# thinking of buying an 02 a6..what to look for...



## koko5869 (Feb 15, 2006)

the baby has come, and with the size of the carseat, the jetta has to go. so im going this week to look at an 02 a6. its about an hour away, so id like to give it a real good once-over before i go back to purchase it if everything pans out. i was wondering if theres anything in particular that i should pay attention to. a couple friends have told me to steer clear of the a6 because its expensive when it break. with the 24v in my gti, thats something ive kind of gotten use to. 
heres a little rundown...
3L 30v
quattro w/ auto trans. 
77,300 miles.

heres the link....
http://www.familychryslerjeep....dd575
other questions...
what does the technology package consist of?
what does the convenience package consist of?
TIA


----------



## ironmule (Apr 11, 2008)

*Re: thinking of buying an 02 a6..what to look for... (koko5869)*

good family car. as for repair cost, i went from a 02 1.8t gti and the cost lists are almost identical. except the gti broke down way more. keep in mind many parts from vw/audi are interchangeable between specific models.


----------



## Littlebluebug (Feb 10, 2002)

*Re: thinking of buying an 02 a6..what to look for... (koko5869)*

You can find more model info under resources from the Audiworld homepage.

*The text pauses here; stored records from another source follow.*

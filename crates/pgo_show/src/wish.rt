// What words ask for.
ghost use Rattle.std.specs.Prelude.{◌≡◌, if◌then◌else◌, codes, None, Some, option_map};
ghost use Rattle.pgo_model.specs.ValueText.{same_bytes};
ghost use Rattle.pgo_show.specs.Wishes as spec;

use pgo_base::word::Word;
use pgo_lexer::bytes::is_same;

/// What is made of a bundle.
#[derive(Clone, Copy)]
pub enum Request<'a> {
    /// The text that explains it.
    Explanation,
    /// Its picture.
    Picture,
    /// The values of a component.
    Changes(&'a Word),
}

/// The picture, where the word is `--svg`.
fn picture_asked<'a>(word: &Word) -> Option<Request<'a>>
    ensures { option_map spec.wish_of result ≡ (if same_bytes word.now (codes "--svg") then Some spec.Picture else None) }
{
    if is_same(word.as_str().as_bytes(), b"--svg") {
        Some(Request::Picture)
    } else {
        None
    }
}

/// The values of a component, where the word before it is `--changes`.
fn changes_asked<'a>(word: &Word, component: &'a Word) -> Option<Request<'a>>
    ensures { option_map spec.wish_of result ≡ (if same_bytes word.now (codes "--changes") then Some (spec.Changes component.now) else None) }
{
    if is_same(word.as_str().as_bytes(), b"--changes") {
        Some(Request::Changes(component))
    } else {
        None
    }
}

/// What the words ask for; none where they ask for nothing that there is.
pub fn request_of(words: &[Word]) -> Option<Request<'_>>
    ensures { option_map spec.wish_of result ≡ spec.asked words.now }
{
    match words {
        [] => Some(Request::Explanation),
        [word] => picture_asked(word),
        [word, component] => changes_asked(word, component),
        [_, _, _, ..] => None,
    }
}

/// The component that is asked for.
pub fn component_of<'a>(request: Request<'a>) -> &'a [u8]
    ensures { result.now ≡ spec.component_of (spec.wish_of request.entry) }
{
    match request {
        Request::Explanation | Request::Picture => &[],
        Request::Changes(component) => component.as_str().as_bytes(),
    }
}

They have every year/specs/etc. The 3.0 is pretty bulletproof. You will probably want to change the TB soon. Main Thing I would do it try to drive it over a bumpy road and listen for rattles and such. The upper/lower control arms are a regular thing to go on these. If possible I would jack it up and look at all the CV boots. The also tend to be a regular problem. Easy to fix, but its messy.
I have had my 01 4.2 for a while now. The only things I have had to do is the TB job, and 1 CV boot. Great cars. 


_Modified by Littlebluebug at 7:10 PM 2-1-2009_


----------



## koko5869 (Feb 15, 2006)

*Re: thinking of buying an 02 a6..what to look for... (ironmule)*


_Quote, originally posted by *ironmule* »_good family car. as for repair cost, i went from a 02 1.8t gti and the cost lists are almost identical. except the gti broke down way more. keep in mind many parts from vw/audi are interchangeable between specific models.

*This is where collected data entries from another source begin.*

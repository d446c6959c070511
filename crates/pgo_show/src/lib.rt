// Explanations of bundles, from words and bytes to bytes and a status.
#![tactic(auto)]

mod command;
mod ended;
mod explain;
mod input;
mod status;
mod wish;

pub use command::show;
pub use status::Status;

thats good to know. i didnt figure itd be too crazy, but you never know with some part costs.

_Quote, originally posted by *Littlebluebug* »_You can find more model info under resources from the Audiworld homepage. They have every year/specs/etc. The 3.0 is pretty bulletproof. You will probably want to change the TB soon. Main Thing I would do it try to drive it over a bumpy road and listen for rattles and such. The upper/lower control arms are a regular thing to go on these. If possible I would jack it up and look at all the CV boots. The also tend to be a regular problem. Easy to fix, but its messy.
I have had my 01 4.2 for a while now. The only things I have had to do is the TB job, and 1 CV boot. Great cars. 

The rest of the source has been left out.